De voorgestelde maatregel bevat een verduidelijking inzake de aftrek van kosten en lasten die verband houden met een niet-zelfstandige werkruimte in een tot het ondernemingsvermogen behorende woning. In lijn met jurisprudentie en parlementaire geschiedenis11 komen kosten en lasten die verband houden met een dergelijke werkruimte en die in een verhuursituatie door een huurder plegen te worden gedragen (huurderslasten) niet voor aftrek in aanmerking. Dergelijke huurderslasten omvatten bijvoorbeeld uitgaven voor de inrichting (meubilair, stoffering, behang- en schilderwerk), gas, water en licht. Het niet in aftrek brengen van dergelijke huurderslasten is in lijn met het streven naar een zo veel mogelijk gelijke behandeling van werkruimtes voor ondernemers, resultaatgenieters, directeuren-grootaandeelhouders en werknemers in loondienst.12 Met de voorgestelde maatregel wordt de jurisprudentie hieromtrent en de bestaande praktijk meer expliciet wettelijk verankerd.
Doeltreffendheid, doelmatigheid en evaluatie
De voorgestelde maatregel betreft een verduidelijking inzake de aftrekbaarheid van bepaalde kosten en lasten in lijn met jurisprudentie en parlementaire geschiedenis. Daarmee zijn de maatregelen doeltreffend. Door de verduidelijking van de wettekst is de verwachting dat kosten minder vaak verkeerd in aftrek worden genomen. Dit bespaart tijd waardoor de voorgestelde wetswijziging de doelmatigheid bevordert.
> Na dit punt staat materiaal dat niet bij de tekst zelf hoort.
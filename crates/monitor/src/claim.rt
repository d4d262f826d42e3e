ghost use Rattle.std.specs.Prelude.{◌≡◌, true, is_some, None, IfOk};

use crate::board::Board;
use crate::witness::Witness;
use book_base::NoMemory;
use once_cell::race::Note;
use std::alloc::Global;

/// What one monitor has found, and what it knows of its board: its own witness, a flag that is set
/// only where the board took a copy of this witness, and a note of the witness on the board.
#[derive(Drop)]
pub(crate) struct Claim {
    own: Option<Witness>,
    placed: bool,
    note: Note<Witness>,
    ghost same: { placed ≡ true → note.known ≡ own },
    ghost found: { placed ≡ true → is_some own ≡ true },
}

// A copy of a witness, in a box of its own.
fn boxed_copy(alloc: Global, witness: &Witness) -> Result<Box<Witness>, NoMemory>
    ensures { IfOk result (λ copy. copy.value ≡ witness.now) }
{
    Ok(Box::new(alloc, witness.copy(alloc)?)?)
}

impl Claim {
    ghost use Rattle.std.specs.Prelude.{false, Some, IfSome, IfNone, IsSomeAnd};
    ghost use Rattle.std.specs.Option.{MatchOption};
    ghost use Rattle.once_cell.specs.Once.{Agrees};
    ghost use Rattle.monitor.specs.Claims.{own_in, placed_in, known_in, IsClaimOn, AreOnOne, HasSameFindings, KnowsOrLacked, Agree};

    /// The claim of a monitor that has found nothing yet, and knows nothing of the board. It takes
    /// no memory.
    pub fn new(board: &Board) -> Claim
        ensures board { IsClaimOn board.now result }
        ensures nothing { (own_in result ≡ None) × (placed_in result ≡ false)
            × (known_in result ≡ None) }
    {
        Claim {
            own: None,
            placed: false,
            note: board.cell.note(),
        }
    }

    /// Keeps a witness as the monitor's own, and tries once to put a copy of it on the board. Where
    /// memory for the copy is lacking, the board isn't tried.
    pub fn keep(&mut self, alloc: Global, board: &Board, witness: Witness)
        requires board { IsClaimOn board.now self.old }
        requires nothing { own_in self.old ≡ None }
        ensures board { IsClaimOn board.now self.new }
        ensures own { own_in self.new ≡ Some witness }
        ensures known { KnowsOrLacked (known_in self.old) (known_in self.new) }
        ensures first { placed_in self.new ≡ true → known_in self.old ≡ None }
    {
        if let Ok(copy) = boxed_copy(alloc, &witness) {
            self.placed = board.cell.set_as(copy, &mut self.note).is_ok();
        }
        self.own = Some(witness);
    }

    /// The own witness of a monitor, where it has found one.
    pub fn own(&self) -> Option<&Witness>
        ensures { MatchOption result (own_in self.now ≡ None) (λ r. own_in self.now ≡ Some r.now) }
    {
        self.own.as_ref()
    }

    /// `true` only where the board took a copy of the monitor's own witness.
    pub fn placed(&self) -> bool
        ensures { result ≡ placed_in self.now }
    {
        self.placed
    }

    /// The witness on the board, if there is one. The claim knows it from then on.
    pub fn known<'a>(&mut self, board: &'a Board) -> Option<&'a Witness>
        requires board { IsClaimOn board.now self.old }
        ensures board { IsClaimOn board.now self.new }
        ensures findings { HasSameFindings self.old self.new }
        ensures none { IfNone result ((known_in self.old ≡ None) × (known_in self.new ≡ None)) }
        ensures some { IfSome result
            (λ r. (known_in self.new ≡ Some r.now) × Agrees (known_in self.old) r.now) }
        ensures placed { placed_in self.old ≡ true
            → IsSomeAnd result (λ r. own_in self.old ≡ Some r.now) }
    {
        board.cell.get_as(&mut self.note)
    }

    /// Where both claims know a witness on the board, they know the same one.
    pub fn agree(&mut self, other: &mut Claim)
        requires { AreOnOne self.old other.old }
        ensures same { (self.new ≡ self.old) × (other.new ≡ other.old) }
        ensures agree { Agree (known_in self.new) (known_in other.new) }
    {
        let note = other.note.again();
        self.note.compare(note);
    }

    /// The own witness of the claim, and `placed`.
    pub(crate) fn into_parts(self) -> (Option<Witness>, bool)
        ensures parts { (result.0 ≡ own_in self) × (result.1 ≡ placed_in self) }
        ensures found { result.1 ≡ true → is_some result.0 ≡ true }
    {
        let Claim {
            own,
            placed,
            note: _,
        } = self;
        (own, placed)
    }
}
Een evaluatie is niet aan de orde.
Uitvoeringsgevolgen Belastingdienst, Douane en Toeslagen
De uitvoeringsgevolgen van de voorgestelde aanpassing zijn door de Belastingdienst vastgesteld aan de hand van een uitvoeringstoets. Hieruit volgt dat de impact van deze maatregel beperkt is en het risico op procesverstoringen klein is. De maatregel is derhalve uitvoerbaar per 1 januari 2025.